The 2020 census undercounted Latinos, blacks and Native Americans

The undercount rate for the Latino population was more than three times the rate for this group in 2010, according to census estimates.

Overall, officials estimate that 0.24% of the country’s population, or about 782,000 people, were missed in the count. That margin was not statistically significant, officials said, but undercount rates for certain demographic groups were.

Census Bureau Director Robert Santos acknowledged those concerns Thursday when announcing the undercount analysis, which he said was based on two independent studies to gauge the quality of the 2020 count.

“The Census Bureau has faced an unprecedented set of challenges over the past two years. Many of you, myself included, have expressed concern. How could anyone not be concerned?” Santos said in recorded remarks. “Today’s findings will dispel some of those concerns and leave others for further exploration.”

For some groups, undercount rates have increased

According to one estimate, known as the post-census survey, 18.8 million people were not counted correctly in the 2020 census. But about 10.9 million people in this group were eventually counted in a statistical process called imputation, which is used for addresses that have not responded. More than 7 million others were counted in error, largely due to duplicates. Ultimately, officials said the bureau’s tally of the total US population was accurate.
The undercount rate for the Latino population in the 2020 census was 4.99%, more than three times the rate for that group in 2010, according to the census. The undercount rate of people who identify as “another race” has also increased significantly, from 1.63% in 2010 to 4.34% in 2020.

Officials said undercount rates for other groups were significant, but statistically similar to earlier findings.
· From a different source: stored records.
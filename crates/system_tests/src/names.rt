//! The cube table by worked bytes.
use crate::tables::{At, table};
use ice_base::Block;
use ice_names::{Mark, Names};
use ice_path::read_path;
use std::process::Abort;
use std::test::Fail;

/// A row by its mark, the length of its text, and the text.
type Row = (u8, u8, &'static [u8]);

const FREE: Row = (0, 0, b"");

const ONE: Row = (1, 2, b"/a");

/// The bytes of a row: mark, length of the text, six bytes that are not looked at, and the text.
fn bytes_of(row: &Row) -> [u8; 256] {
    let mut bytes = [0; 256];
    bytes[0] = row.0;
    bytes[1] = row.1;
    bytes[2] = 7;
    for (i, byte) in row.2.iter().enumerate() {
        if i < 248 {
            bytes[8 + i] = *byte;
        }
    }
    bytes
}

/// A path of two names of 99 letters.
const LONG: &[u8] =
    b"/aaaaaaaaaaaaaaaaaaaaaaaaaaaaaaaaaaaaaaaaaaaaaaaaaaaaaaaaaaaaaaaaaaaaaaaaaaaaaaaaaaaaaaaaaaaaaaaaaaa\
/aaaaaaaaaaaaaaaaaaaaaaaaaaaaaaaaaaaaaaaaaaaaaaaaaaaaaaaaaaaaaaaaaaaaaaaaaaaaaaaaaaaaaaaaaaaaaaaaaaa";

fn read(blocks: &[Block; 4], slots: u8) -> Option<Names> {
    if slots < 1 || slots > 16 {
        return None;
    }
    Names::read(blocks, slots)
}

/// Two rows, the second at this place of this block, for an image of so many slots, and whether that is a table.
const TABLES: [(&str, u8, Row, Row, (usize, usize), bool); 17] = [
    ("free rows", 2, FREE, FREE, (0, 256), true),
    (
        "only the mark of a free row is looked at",
        2,
        (0, 9, b"x"),
        FREE,
        (0, 256),
        true,
    ),
    (
        "two cubes, one offline",
        2,
        ONE,
        (2, 2, b"/b"),
        (0, 256),
        true,
    ),
    ("a cube at the root", 2, (1, 1, b"/"), ONE, (0, 256), true),
    ("text of 199 bytes", 2, (1, 199, LONG), ONE, (0, 256), true),
    (
        "what is behind the text is not looked at",
        2,
        (1, 2, b"/abc"),
        FREE,
        (0, 256),
        true,
    ),
    ("mark 3", 2, (3, 2, b"/a"), FREE, (0, 256), false),
    ("no text", 2, (1, 0, b""), FREE, (0, 256), false),
    (
        "text of 200 bytes",
        2,
        (1, 200, LONG),
        FREE,
        (0, 256),
        false,
    ),
    ("no slash in front", 2, (1, 1, b"a"), FREE, (0, 256), false),
    (
        "a slash at the end",
        2,
        (1, 3, b"/a/"),
        FREE,
        (0, 256),
        false,
    ),
    (
        "an offline cube without a path",
        2,
        (2, 2, b"//"),
        FREE,
        (0, 256),
        false,
    ),
    ("two equal paths", 2, ONE, ONE, (0, 256), false),
    (
        "equal paths in two blocks, one offline",
        16,
        ONE,
        (2, 2, b"/a"),
        (3, 768),
        false,
    ),
    (
        "a cube past the slots",
        2,
        ONE,
        (1, 2, b"/b"),
        (0, 512),
        false,
    ),
    (
        "a cube in the last of 16 slots",
        16,
        ONE,
        (1, 2, b"/b"),
        (3, 768),
        true,
    ),
    (
        "the same in an image of 15",
        15,
        ONE,
        (1, 2, b"/b"),
        (3, 768),
        false,
    ),
];

/// Whether these are a table: a row at the begin of the blocks, and one at this place of this block.
fn are_read(slots: u8, first: &Row, second: &Row, (block, place): (usize, usize)) -> bool {
    let blocks = table(&[
        At {
            block: 0,
            place: 0,
            bytes: &bytes_of(first),
        },
        At {
            block,
            place,
            bytes: &bytes_of(second),
        },
    ]);
    read(&blocks, slots).is_some()
}

#[test]
fn each_fault_of_the_cube_table_is_refused(rt: HostRuntime) {
    for (name, slots, first, second, at, want) in &TABLES {
        let found = are_read(*slots, first, second, *at);
        assert!(rt; found == *want, "{name}");
    }
}

/// The cubes `/home` in slot 1 and `/z` in slot 15, the latter offline.
fn worked() -> [Block; 4] {
    table(&[
        At {
            block: 0,
            place: 256,
            bytes: &bytes_of(&(1, 5, b"/home")),
        },
        At {
            block: 3,
            place: 768,
            bytes: &bytes_of(&(2, 2, b"/z")),
        },
    ])
}

/// What is written of them: what is not looked at is zero.
fn worked_bytes() -> [Block; 4] {
    table(&[
        At {
            block: 0,
            place: 256,
            bytes: &[1, 5, 0, 0, 0, 0, 0, 0, 0x2f, 0x68, 0x6f, 0x6d, 0x65],
        },
        At {
            block: 3,
            place: 768,
            bytes: &[2, 2, 0, 0, 0, 0, 0, 0, 0x2f, 0x7a],
        },
    ])
}

/// What is written of the table that these blocks are.
fn written(blocks: &[Block; 4]) -> Option<[Block; 4]> {
    let names = read(blocks, 16)?;
    let mut into = [[0xee; 1024]; 4];
    names.write(&mut into);
    Some(into)
}

fn find(names: &Names, text: &[u8]) -> Result<Option<u8>, Fail> {
    let path = read_path(text).ok().ok_or("no path")?;
    Ok(names.find(&path))
}

fn route(names: &Names, text: &[u8]) -> Result<Option<(u8, usize)>, Fail> {
    let path = read_path(text).ok().ok_or("no path")?;
    Ok(names.route(&path))
}

/// The mark of a slot, where the table has it.
fn mark(names: &Names, slot: u8) -> Option<Mark> {
    if slot >= names.slots() {
        return None;
    }
    Some(names.mark(slot))
}

#[test]
fn what_is_written_are_the_worked_bytes(rt: HostRuntime) -> Result<(), Fail> {
    let into = written(&worked()).ok_or("no table")?;
    assert!(rt; into == worked_bytes());
    Ok(())
}

fn look_at_worked(rt: &impl Abort, names: &Names) -> Result<(), Fail> {
    assert_eq!(rt; (names.slots(), names.free_slot()), (16, Some(0)));
    assert_eq!(rt; find(names, b"/home")?, Some(1));
    let routes = (route(names, b"/home/letters")?, route(names, b"/homes")?);
    assert_eq!(rt; routes, (Some((1, 1)), None));
    let marks = [mark(names, 1), mark(names, 15), mark(names, 2)];
    assert_eq!(rt;
        marks,
        [Some(Mark::Online), Some(Mark::Offline), Some(Mark::Free)]
    );
    Ok(())
}

#[test]
fn the_worked_cubes_are_found(rt: HostRuntime) -> Result<(), Fail> {
    let mut names = read(&worked(), 16).ok_or("no table")?;
    look_at_worked(&rt, &names)?;
    assert!(rt; names.slots() == 16);
    names.clear_row(1);
    assert_eq!(rt; find(&names, b"/home")?, None);
    Ok(())
}

/// A cube in each of the 16 slots, `/a` to `/p`.
fn full() -> [Block; 4] {
    let mut blocks = [[0; 1024]; 4];
    for slot in 0..16_u8 {
        let place = 256 * (slot as usize % 4);
        blocks[slot as usize / 4][place] = 1;
        blocks[slot as usize / 4][place + 1] = 2;
        blocks[slot as usize / 4][place + 8] = b'/';
        blocks[slot as usize / 4][place + 9] = b'a' + slot;
    }
    blocks
}

const TEXTS: [(&[u8], u8); 3] = [(b"/a", 0), (b"/p", 15), (b"/h", 7)];

#[test]
fn sixteen_cubes_fill_the_table(rt: HostRuntime) -> Result<(), Fail> {
    let names = read(&full(), 16).ok_or("no table")?;
    assert_eq!(rt; names.free_slot(), None);
    for (text, slot) in &TEXTS {
        assert_eq!(rt; find(&names, text)?, Some(*slot));
    }
    let into = written(&full()).ok_or("no table")?;
    assert!(rt; into == full());
    Ok(())
}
The undercount rate for the black population was 3.3%, while the undercount rate for Native American and Alaska Native populations living on reservations was 5.64%.

Other groups were overcounted in the 2020 census, according to estimates. The overcoverage rate for the non-Hispanic white population was 1.64%, while the overcoverage rate for the Asian population was 2.62%.
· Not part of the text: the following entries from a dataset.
//! The commands of a tree as calls.
ghost use Rattle.std.specs.Prelude.{◌≡◌, ◌≤◌, true, length};
ghost use Rattle.ice_base.specs.Lots.{is_sited};

use crate::lines::command_of;
use fresh_lots::BLOCKS;
use ice_base::{Disk, FormOne, Keep, Lot};
use ice_pool::BitPool;
use ice_tree::{list, make, mkdir, read, remove, rename, stat, trunc, write};
use tree_spec::{Command, Refusal, Reply, Room, Value};

/// The most blocks that one command puts.
const MOST_PUTS: u32 = 96;

fn plain(answer: Result<(), Refusal>) -> Reply {
    match answer {
        Ok(()) => Ok(Value::Plain),
        Err(refusal) => Err(refusal),
    }
}

/// The reply of a lot to a tree command. The first `depth` names of each path are those of the cube's path.
///
/// Memory: the keep has no room left for a command. Args: it is no tree command, or a path has fewer names. Long: more than 16,384 bytes.
/// Fault: the disk has other than 800 blocks.
pub fn reply<D: Disk, K: Keep<D>>(
    keep: &mut K,
    disk: &mut D,
    lot: &Lot,
    command: &Command,
    depth: usize,
    room: &mut Room,
) -> Reply
    requires sited { is_sited lot.now 800 ≡ true }
    requires some { 1 ≤ length lot.now.groups }
{
    if disk.blocks() != BLOCKS {
        return Err(Refusal::Fault);
    }
    room.clear();
    match command {
        Command::Read { path, at, len } => {
            if path.len() < depth {
                return Err(Refusal::Args);
            }
            if *len > 16384 {
                return Err(Refusal::Long);
            }
            read::<D, K, FormOne>(keep, disk, lot, path, depth, *at, *len, room)
        }
        Command::List { path } => {
            if path.len() < depth {
                return Err(Refusal::Args);
            }
            list::<D, K, FormOne>(keep, disk, lot, path, depth, room)
        }
        Command::Stat { path } => {
            if path.len() < depth {
                return Err(Refusal::Args);
            }
            stat::<D, K, FormOne>(keep, disk, lot, path, depth)
        }
        _ => plain(change(keep, disk, lot, command, depth)),
    }
}

/// What a command answers that changes the tree.
fn change<D: Disk, K: Keep<D>>(
    keep: &mut K,
    disk: &mut D,
    lot: &Lot,
    command: &Command,
    depth: usize,
) -> Result<(), Refusal>
    requires size { (D.state disk.old).size ≡ 800 }
    requires sited { is_sited lot.now 800 ≡ true }
    requires some { 1 ≤ length lot.now.groups }
{
    if keep.spare() < MOST_PUTS {
        return Err(Refusal::Memory);
    }
    let mut pool = BitPool::new();
    match command {
        Command::Mkdir { path } if path.len() >= depth => {
            mkdir::<D, K, BitPool, FormOne>(keep, &mut pool, disk, lot, path, depth)
        }
        Command::Make { path } if path.len() >= depth => {
            make::<D, K, BitPool, FormOne>(keep, &mut pool, disk, lot, path, depth)
        }
        Command::Remove { path } if path.len() >= depth => {
            remove::<D, K, BitPool, FormOne>(keep, &mut pool, disk, lot, path, depth)
        }
        Command::Write { path, at, bytes } if path.len() >= depth => {
            if bytes.len() > 16384 {
                return Err(Refusal::Long);
            }
            write::<D, K, BitPool, FormOne>(keep, &mut pool, disk, lot, path, depth, *at, bytes)
        }
        Command::Trunc { path, len } if path.len() >= depth => {
            trunc::<D, K, BitPool, FormOne>(keep, &mut pool, disk, lot, path, depth, *len)
        }
        Command::Rename { path, to } if path.len() >= depth && to.len() >= depth => {
            rename::<D, K, BitPool, FormOne>(keep, &mut pool, disk, lot, path, to, depth)
        }
        _ => Err(Refusal::Args),
    }
}

/// The reply of a lot to a line that is a tree command.
pub fn reply_to<D: Disk, K: Keep<D>>(
    keep: &mut K,
    disk: &mut D,
    lot: &Lot,
    line: &[u8],
    depth: usize,
    room: &mut Room,
) -> Reply
    requires sited { is_sited lot.now 800 ≡ true }
    requires some { 1 ≤ length lot.now.groups }
{
    let mut bytes = [0; 16384];
    match command_of(line, &mut bytes) {
        Ok(command) => reply(keep, disk, lot, &command, depth, room),
        Err(refusal) => Err(refusal),
    }
}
Lawyer calls results ‘completely unacceptable’

News of the Latino population undercount drew strong criticism from Arturo Vargas, CEO of the National Association of Latino Elected and Appointed Officials Educational Fund, who described the 2020 census as a “fire in five alarms”.

“A 2020 census that more than tripled the percentage of undercounted Latinos from the 2010 census is totally unacceptable and further demonstrates the urgent need for our nation to make fundamental changes to how we count residents. Americans,” Vargas said in a statement.

Santos said the quality of the total population count is “robust and consistent with that of recent censuses,” which he called “remarkable” given the challenges the 2020 count faced.

“Taking today’s results as a whole, we believe the 2020 census data is suitable for many uses in decision-making, as well as for painting a vivid portrait of our nation’s population. Yes , there are areas of concern, and we will explore those further,” Santos said.


Not all news on the site expresses the point of view of the site, but we transmit this news automatically and translate it through programmatic technology on the site and not from a human editor.